Estas frases são muito semelhantes a estas outras:

(2) Para os leigos, o ‘poeta’ está muito acima do ‘banqueiro’.
(3) Para um leigo, o ‘poeta’ está muito acima do ‘banqueiro’.

Todas elas representam contextos frásicos genéricos. Esta genericidade não depende do tipo do sintagma nominal (definido ou não). A Gramática do Português da Gulbenkian (2003, vol. I, pág. 809) identifica o trabalho de Krifka e outros (incluído no livro The Generic Book) como um importante contributo para a interpretação deste tipo de frases (ditas caracterizadoras, porque representam properiedades gerais ou habituais) e dá os seguintes exemplos:

a. Toda a criança chora quando tem fome.
b. Muitas pessoas não dormem oito horas por dia.
c. A maior parte as pessoas vive sem se perguntar para quê.
d. Geralmente, os portugueses são trabalhadores.
e. Por norma, o alemão gosta de ceveja. [nota de rodapé: Com um exemplo semelhante, usando também o [sintagma nominal] definido o alemão, Lopes (1972) descreveu o tipo de interpretação em causa como envolvendo o «alemão típico».
f. Algumas pessoas não fazem uma multidão.

Por outro lado, «perguntem ao leigo», sem mais, não é equivalente a «perguntem a um leigo»:

(4) Ontem encontrei-me com um leigo; perguntei ao leigo se ele concordava.
(5) Ontem, perguntei a um leigo se ele concordava.
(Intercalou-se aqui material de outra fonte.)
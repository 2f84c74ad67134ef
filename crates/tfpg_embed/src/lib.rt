//! The diagnoser for C: a static library, whose header is `include/tfpg.h`.
//!
//! [`tfpg_report`] writes the report of a whole log into a room, and [`tfpg_check`] judges one. [`tfpg_ask`], [`tfpg_predict`] and
//! [`tfpg_explain`] write what the program writes for these commands. A [`TfpgSession`] takes one line after the other: [`tfpg_open`] opens it, [`tfpg_line`] takes a line and [`tfpg_event`] an event without a text, [`tfpg_block`] writes the
//! block of the last one into a room, and [`tfpg_close`] closes it. What the block says is had as numbers too: [`tfpg_result_of`] has those
//! of the last line and the last round, [`tfpg_ranked_at`] those of a hypothesis that this ranks, and [`tfpg_index`] and [`tfpg_name`] lead
//! from names to indexes and back. Events and numbers make no text. Each call but `tfpg_close` answers by a [`TfpgAnswer`], whose status is
//! [`DONE`] or another of the constants.
//! What opens, takes a line, reports or judges calls `tfpg_diagnose`, what asks, predicts or explains `tfpg_answers`, and its clause says
//! what came of that.
//!
//! [`laws`] says that the statuses and the kinds are the numbers that the header has, and that each number says one thing.
//!
//! # Proved, and by which clause
//!
//! - The rows of the library for C in `docs/promises.md`: what each call answers, writes and leaves.
//!
//! # Not proved
//!
//! - That a C program passes what the header asks for.
#![tactic(auto)]

mod answer;
mod event_lines;
mod kinds;
pub mod laws;
mod names;
mod ranking;
mod results;
mod room;
mod session;
mod status;
mod text_calls;

pub use answer::TfpgAnswer;
pub use kinds::{ALARM, FAILURE_NAME, MODE, MODE_NAME, NODE_NAME, SILENT, SWEEP, TICK};
pub use ranking::TfpgRanked;
pub use results::TfpgResult;
pub use session::{
    TfpgSession, tfpg_block, tfpg_close, tfpg_event, tfpg_index, tfpg_line, tfpg_name, tfpg_open,
    tfpg_ranked_at, tfpg_result_of,
};
pub use status::{
    BAD_GRAPH, BAD_MAP, DONE, ENDED, FULL_GRAPH, NO_MEMORY, NO_SUCH, NOT_ACCEPTED, OUT_OF_RANGE,
    ROOM_TOO_SMALL, TOO_MANY_HYPOTHESES, TOO_MUCH_INPUT,
};
pub use text_calls::{
    TfpgPredictionTerms, tfpg_ask, tfpg_check, tfpg_explain, tfpg_predict, tfpg_report,
};
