//! The instants that an alarm leaves for the activation of its node.

/// The instants from the earliest to the latest at which a node can have become active, in milliseconds.
#[derive(Clone, Copy, PartialEq, Eq)]
pub struct Interval {
    pub earliest: u64,
    pub latest: u64,
}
O que legitima na tua frase que possas usar o leigo é o facto de este ter um valor genérico; caso contrário o teria de referir-se a uma pessoa em particular. Ter valor genérico só por si não é suficiente para ser indiferente qual o determinante a usar. Por exemplo, em contexto genéricos não caracterizadores, como as frases episódicas, só o determinante definido pode ser usado (pág. 850, exemplo daí):

(6) O chocolate/*Um chocolate foi introduzido na Europa pelos espanhóis.

Em todo o caso, creio estarmos perante uma frase caracterizadora. O teu exemplo não está completo, mas se o completarmos podemos ver que estamos a descrever uma cracterística dos leigos:

(7) Mas perguntem ao leigo se ele tem noção disto e ele dir-vos-á que não fazia ideia.

Ou parafraseando:

(8) O leigo não faz ideia de que o tabagista crônico não está apenas mais exposto a patalogias pulmonares e cardiovasculares.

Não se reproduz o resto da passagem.